'''

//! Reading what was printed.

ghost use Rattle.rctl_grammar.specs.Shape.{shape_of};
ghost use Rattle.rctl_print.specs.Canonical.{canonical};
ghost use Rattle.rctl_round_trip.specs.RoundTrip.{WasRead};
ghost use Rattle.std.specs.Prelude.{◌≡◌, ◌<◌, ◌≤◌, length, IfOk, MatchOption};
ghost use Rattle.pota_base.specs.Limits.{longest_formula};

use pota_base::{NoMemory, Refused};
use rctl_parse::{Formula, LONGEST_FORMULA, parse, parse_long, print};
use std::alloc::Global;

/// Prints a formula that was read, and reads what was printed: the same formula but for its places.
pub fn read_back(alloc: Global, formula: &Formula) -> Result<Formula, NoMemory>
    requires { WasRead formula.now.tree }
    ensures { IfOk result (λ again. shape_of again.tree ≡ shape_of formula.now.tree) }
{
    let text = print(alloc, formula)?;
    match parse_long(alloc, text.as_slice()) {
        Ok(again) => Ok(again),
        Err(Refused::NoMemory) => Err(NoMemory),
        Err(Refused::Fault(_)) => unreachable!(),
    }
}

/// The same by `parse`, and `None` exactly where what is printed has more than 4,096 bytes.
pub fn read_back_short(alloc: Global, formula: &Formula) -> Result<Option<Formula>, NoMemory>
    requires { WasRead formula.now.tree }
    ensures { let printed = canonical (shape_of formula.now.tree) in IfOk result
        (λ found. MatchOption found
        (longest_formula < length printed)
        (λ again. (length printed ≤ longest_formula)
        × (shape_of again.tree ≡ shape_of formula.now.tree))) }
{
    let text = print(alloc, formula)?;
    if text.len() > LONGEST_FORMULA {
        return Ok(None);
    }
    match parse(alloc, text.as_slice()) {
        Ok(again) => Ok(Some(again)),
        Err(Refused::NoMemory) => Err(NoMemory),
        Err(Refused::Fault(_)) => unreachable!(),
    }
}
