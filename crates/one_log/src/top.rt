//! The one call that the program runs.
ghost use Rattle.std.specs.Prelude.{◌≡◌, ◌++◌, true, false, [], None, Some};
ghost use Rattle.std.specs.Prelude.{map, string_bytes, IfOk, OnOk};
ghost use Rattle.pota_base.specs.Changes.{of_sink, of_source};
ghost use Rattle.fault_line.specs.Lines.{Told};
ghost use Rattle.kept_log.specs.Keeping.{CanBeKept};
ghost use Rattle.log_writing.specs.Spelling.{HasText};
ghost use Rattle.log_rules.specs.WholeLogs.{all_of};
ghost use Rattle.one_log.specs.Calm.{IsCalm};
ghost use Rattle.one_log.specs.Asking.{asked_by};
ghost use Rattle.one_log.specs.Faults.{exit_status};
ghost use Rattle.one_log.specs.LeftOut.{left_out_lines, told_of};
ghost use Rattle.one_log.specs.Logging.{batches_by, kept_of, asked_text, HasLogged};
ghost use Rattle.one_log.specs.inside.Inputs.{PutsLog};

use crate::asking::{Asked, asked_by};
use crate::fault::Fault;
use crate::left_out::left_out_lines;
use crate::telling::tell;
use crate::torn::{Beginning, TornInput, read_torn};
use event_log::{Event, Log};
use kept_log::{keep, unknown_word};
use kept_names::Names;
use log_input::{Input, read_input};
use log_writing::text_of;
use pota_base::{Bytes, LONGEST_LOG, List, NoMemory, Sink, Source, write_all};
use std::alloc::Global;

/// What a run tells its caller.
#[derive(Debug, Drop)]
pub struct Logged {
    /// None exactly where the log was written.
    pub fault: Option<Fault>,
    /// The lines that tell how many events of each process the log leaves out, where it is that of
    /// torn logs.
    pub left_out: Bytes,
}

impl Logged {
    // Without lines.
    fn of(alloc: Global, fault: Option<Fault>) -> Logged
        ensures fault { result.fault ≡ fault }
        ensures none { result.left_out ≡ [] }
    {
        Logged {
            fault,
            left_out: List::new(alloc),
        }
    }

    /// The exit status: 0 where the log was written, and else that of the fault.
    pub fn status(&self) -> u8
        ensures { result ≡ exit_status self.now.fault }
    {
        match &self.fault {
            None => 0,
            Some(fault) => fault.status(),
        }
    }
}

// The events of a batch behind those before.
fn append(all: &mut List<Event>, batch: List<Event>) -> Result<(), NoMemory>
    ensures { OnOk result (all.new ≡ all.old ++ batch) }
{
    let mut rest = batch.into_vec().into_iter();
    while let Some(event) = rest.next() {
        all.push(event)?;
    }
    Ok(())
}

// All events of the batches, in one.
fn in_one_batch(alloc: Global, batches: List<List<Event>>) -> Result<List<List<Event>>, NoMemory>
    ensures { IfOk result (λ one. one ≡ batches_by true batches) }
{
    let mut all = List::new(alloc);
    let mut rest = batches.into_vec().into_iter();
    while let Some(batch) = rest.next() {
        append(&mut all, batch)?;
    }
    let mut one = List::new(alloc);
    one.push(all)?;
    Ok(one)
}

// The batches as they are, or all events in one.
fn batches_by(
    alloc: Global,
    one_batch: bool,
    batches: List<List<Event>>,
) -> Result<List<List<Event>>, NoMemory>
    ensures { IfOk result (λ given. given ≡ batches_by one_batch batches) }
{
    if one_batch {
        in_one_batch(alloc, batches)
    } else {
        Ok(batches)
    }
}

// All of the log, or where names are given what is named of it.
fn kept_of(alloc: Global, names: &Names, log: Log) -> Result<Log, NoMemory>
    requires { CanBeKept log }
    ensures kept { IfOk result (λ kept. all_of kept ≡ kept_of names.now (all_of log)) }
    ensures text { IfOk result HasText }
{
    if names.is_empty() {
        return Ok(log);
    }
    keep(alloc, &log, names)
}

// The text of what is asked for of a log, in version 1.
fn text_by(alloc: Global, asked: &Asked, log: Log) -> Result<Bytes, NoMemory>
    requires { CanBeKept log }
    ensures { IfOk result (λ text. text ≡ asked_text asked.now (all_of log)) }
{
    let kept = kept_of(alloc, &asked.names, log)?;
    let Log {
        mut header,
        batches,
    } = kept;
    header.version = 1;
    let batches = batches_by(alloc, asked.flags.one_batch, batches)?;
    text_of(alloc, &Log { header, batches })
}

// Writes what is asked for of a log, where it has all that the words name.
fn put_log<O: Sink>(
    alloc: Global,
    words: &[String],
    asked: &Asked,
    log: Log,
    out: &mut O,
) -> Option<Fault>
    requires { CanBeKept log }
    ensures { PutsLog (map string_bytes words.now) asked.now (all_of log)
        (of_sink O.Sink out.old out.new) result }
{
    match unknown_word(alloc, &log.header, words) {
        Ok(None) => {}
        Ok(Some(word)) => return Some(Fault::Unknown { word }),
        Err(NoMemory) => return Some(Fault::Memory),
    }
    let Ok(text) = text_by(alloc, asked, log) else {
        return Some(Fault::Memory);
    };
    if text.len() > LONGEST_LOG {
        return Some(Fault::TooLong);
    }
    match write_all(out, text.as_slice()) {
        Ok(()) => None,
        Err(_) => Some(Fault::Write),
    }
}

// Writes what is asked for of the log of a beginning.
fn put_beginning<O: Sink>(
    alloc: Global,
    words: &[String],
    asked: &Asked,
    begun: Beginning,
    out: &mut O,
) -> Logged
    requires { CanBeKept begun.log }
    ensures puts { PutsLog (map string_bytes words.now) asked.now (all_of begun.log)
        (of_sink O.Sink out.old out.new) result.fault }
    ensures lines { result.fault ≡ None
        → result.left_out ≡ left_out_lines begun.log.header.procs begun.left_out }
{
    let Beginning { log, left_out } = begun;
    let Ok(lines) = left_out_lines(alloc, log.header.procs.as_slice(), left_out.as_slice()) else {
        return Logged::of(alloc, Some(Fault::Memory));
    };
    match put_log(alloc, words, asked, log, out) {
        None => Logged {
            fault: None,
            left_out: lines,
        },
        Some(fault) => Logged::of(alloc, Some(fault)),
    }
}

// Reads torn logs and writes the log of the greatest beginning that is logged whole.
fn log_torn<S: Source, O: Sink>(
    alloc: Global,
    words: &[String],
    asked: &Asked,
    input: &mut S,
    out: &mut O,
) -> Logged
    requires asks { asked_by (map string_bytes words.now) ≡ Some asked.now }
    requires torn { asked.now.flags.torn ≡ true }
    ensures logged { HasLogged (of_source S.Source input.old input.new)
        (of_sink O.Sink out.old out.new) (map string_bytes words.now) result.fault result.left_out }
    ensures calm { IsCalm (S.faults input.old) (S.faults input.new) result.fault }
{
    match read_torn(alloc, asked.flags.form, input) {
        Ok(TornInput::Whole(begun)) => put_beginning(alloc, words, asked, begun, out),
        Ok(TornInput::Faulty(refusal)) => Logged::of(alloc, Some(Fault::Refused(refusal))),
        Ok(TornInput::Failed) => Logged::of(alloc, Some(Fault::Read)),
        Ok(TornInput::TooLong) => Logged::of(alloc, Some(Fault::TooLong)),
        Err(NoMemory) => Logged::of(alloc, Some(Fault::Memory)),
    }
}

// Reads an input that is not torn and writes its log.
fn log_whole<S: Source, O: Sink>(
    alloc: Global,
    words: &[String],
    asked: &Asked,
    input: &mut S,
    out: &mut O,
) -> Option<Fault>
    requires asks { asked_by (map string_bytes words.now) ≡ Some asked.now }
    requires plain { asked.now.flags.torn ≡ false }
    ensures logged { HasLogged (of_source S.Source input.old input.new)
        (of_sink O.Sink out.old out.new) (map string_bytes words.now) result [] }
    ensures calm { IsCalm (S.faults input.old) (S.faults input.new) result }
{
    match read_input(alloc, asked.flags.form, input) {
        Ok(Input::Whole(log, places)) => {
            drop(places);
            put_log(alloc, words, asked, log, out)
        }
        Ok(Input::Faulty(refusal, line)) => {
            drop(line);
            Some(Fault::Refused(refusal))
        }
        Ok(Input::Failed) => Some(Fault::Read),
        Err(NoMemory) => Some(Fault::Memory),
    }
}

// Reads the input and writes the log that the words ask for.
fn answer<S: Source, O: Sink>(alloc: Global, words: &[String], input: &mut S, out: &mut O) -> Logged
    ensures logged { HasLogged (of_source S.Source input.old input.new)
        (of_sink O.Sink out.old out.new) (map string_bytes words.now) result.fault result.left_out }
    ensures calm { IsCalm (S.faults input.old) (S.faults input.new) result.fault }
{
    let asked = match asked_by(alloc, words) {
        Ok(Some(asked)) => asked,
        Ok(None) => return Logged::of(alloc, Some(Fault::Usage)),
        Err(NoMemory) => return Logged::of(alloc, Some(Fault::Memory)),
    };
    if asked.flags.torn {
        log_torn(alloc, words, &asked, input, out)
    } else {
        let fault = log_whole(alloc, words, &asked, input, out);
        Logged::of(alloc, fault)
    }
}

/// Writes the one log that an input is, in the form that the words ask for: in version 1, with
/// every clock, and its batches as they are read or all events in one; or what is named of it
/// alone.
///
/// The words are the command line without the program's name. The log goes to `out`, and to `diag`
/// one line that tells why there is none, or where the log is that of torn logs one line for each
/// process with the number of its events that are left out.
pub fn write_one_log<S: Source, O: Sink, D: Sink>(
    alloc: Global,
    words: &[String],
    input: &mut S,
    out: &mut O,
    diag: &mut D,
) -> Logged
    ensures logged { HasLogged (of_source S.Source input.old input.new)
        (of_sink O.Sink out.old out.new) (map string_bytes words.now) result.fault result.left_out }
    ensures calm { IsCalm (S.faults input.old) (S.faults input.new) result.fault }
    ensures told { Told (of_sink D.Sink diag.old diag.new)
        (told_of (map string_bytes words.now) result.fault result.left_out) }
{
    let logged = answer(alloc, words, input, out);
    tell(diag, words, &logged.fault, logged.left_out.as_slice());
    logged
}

'''
'''

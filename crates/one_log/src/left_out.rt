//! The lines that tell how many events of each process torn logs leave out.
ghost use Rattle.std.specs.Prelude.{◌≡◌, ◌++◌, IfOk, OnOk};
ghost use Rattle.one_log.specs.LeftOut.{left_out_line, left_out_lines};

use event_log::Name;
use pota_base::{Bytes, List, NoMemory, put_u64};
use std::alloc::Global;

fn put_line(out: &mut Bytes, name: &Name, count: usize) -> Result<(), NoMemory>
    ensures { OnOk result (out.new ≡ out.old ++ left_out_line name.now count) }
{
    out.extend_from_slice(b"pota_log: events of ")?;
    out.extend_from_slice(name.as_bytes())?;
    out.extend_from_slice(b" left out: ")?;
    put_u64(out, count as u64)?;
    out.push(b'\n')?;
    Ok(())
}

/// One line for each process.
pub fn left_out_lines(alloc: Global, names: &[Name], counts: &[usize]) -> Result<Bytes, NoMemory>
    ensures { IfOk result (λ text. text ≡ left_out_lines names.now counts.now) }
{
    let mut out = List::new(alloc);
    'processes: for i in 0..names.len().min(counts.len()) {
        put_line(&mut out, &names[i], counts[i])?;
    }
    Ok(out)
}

'''

#### [Directions for this task]
For this exercise, output exactly the lines above from the line with "what was printed." to the line with "for its places.", counting both, and leave out the rest.

#### [Response]
//! Reading what was printed.

ghost use Rattle.rctl_grammar.specs.Shape.{shape_of};
ghost use Rattle.rctl_print.specs.Canonical.{canonical};
ghost use Rattle.rctl_round_trip.specs.RoundTrip.{WasRead};
ghost use Rattle.std.specs.Prelude.{◌≡◌, ◌<◌, ◌≤◌, length, IfOk, MatchOption};
ghost use Rattle.pota_base.specs.Limits.{longest_formula};

use pota_base::{NoMemory, Refused};
use rctl_parse::{Formula, LONGEST_FORMULA, parse, parse_long, print};
use std::alloc::Global;

/// Prints a formula that was read, and reads what was printed: the same formula but for its places.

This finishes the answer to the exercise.